When I got back to Toronto, I knew I had to report to the police. As I made my way to 53 Division (I figured they were close to Forest Hill so they might be nicer than the jaded blue boys of 13 Division), I imagined never seeing my family from the outside again, I considered stopping for my last free taste of a donut or bowl of pho. When I got to the station, I entered, awash in terror. I approached the front desk with the steps of a man beyond hope. I gave them my name. They replied “Well, we don’t have anything about you in the system, so I don’t know what to do.” “Can I leave?” My last interaction with the system “I guess so.”

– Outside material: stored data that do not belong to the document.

//! Cursors that no window shows.
ghost use Rattle.std.specs.Prelude.{◌≡◌, ◌≤◌, length, IfOk};
ghost use Rattle.mg_screen.specs.Frame.{screen_rows};

use crate::plans::chars_of;
use mg_buffer::line_of;
use mg_screen::{Pane, Position, Screen, cursor};
use rga_ops::OutOfMemory;
use std::alloc::{AllocError, Global};
use std::borrow::CowSlice;

/// A window of two text rows.
fn pane_over<'a>(
    alloc: Global,
    text: &'a [char],
    point: usize,
    first: usize,
) -> Result<Pane<'a>, AllocError>
    requires { point ≤ length text.now }
    ensures { IfOk result (λ p. p.height ≡ 2) }
{
    Ok(Pane {
        text: CowSlice::Borrowed(text),
        point,
        line: line_of(text, point),
        first,
        height: 2,
        name: String::from_str(alloc, "notes")?,
        changed: false,
        waiting: 0,
    })
}

/// A window from line 0 on, and one from line 1 on below it.
fn screen_over<'a>(alloc: Global, text: &'a [char], point: usize) -> Result<Screen<'a>, OutOfMemory>
    requires { point ≤ length text.now }
    ensures { IfOk result (λ s. screen_rows s ≡ 7) }
{
    let mut panes = Vec::new(alloc);
    if let Err(refused) = panes.push(pane_over(alloc, text, point, 0)?) {
        return Err(AllocError::from(refused).into());
    }
    if let Err(refused) = panes.push(pane_over(alloc, text, point, 1)?) {
        return Err(AllocError::from(refused).into());
    }
    let echo = String::new(alloc);
    Ok(Screen { panes, echo })
}

/// The cursor in the window at an index, at 20 columns.
fn cursor_of(alloc: Global, text: &str, point: usize, index: usize) -> Option<Position> {
    let text = chars_of(alloc, text).ok()?;
    let text = text.as_slice();
    if point > text.len() {
        return None;
    }
    let screen = screen_over(alloc, text, point).ok()?;
    cursor(20, &screen, index)
}

#[test]
fn cursors_that_no_window_shows(rt: HostRuntime) {
    for (text, point, window, why) in [
        ("a\nbc\nd", 1, 1, "a line above the window"),
        ("a\nbc\nd", 5, 0, "a line below the window"),
        ("a", 0, 2, "no such window"),
    ] {
        assert!(rt; cursor_of(rt.alloc(), text, point, window) == None, "{why}");
    }
    assert!(rt;
        cursor_of(rt.alloc(), "a\nbc\nd", 3, 1) == Some(Position { row: 3, column: 1 }),
        "the topmost row of the lower window"
    );
}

We often feel protected, shielded from all the evils of this world by our nations; especially in a developed, prosperous country like Canada. This becomes even more true for those of us who have never been forced to interact with the criminal justice system. My experience made me realize how fragile my position in the world really is.
Yes, I know the government didn’t technically break any rules. I’m not even that angry at the U.S., it is their prerogative to turn away whomever they wish. It is the Canadian government I feel betrayed by. Lied to, incarcerated, and finally discarded in a strange town in the wee hours of the morning. None of those things constitute breaking the rules.
Isn’t that, in itself, damning enough?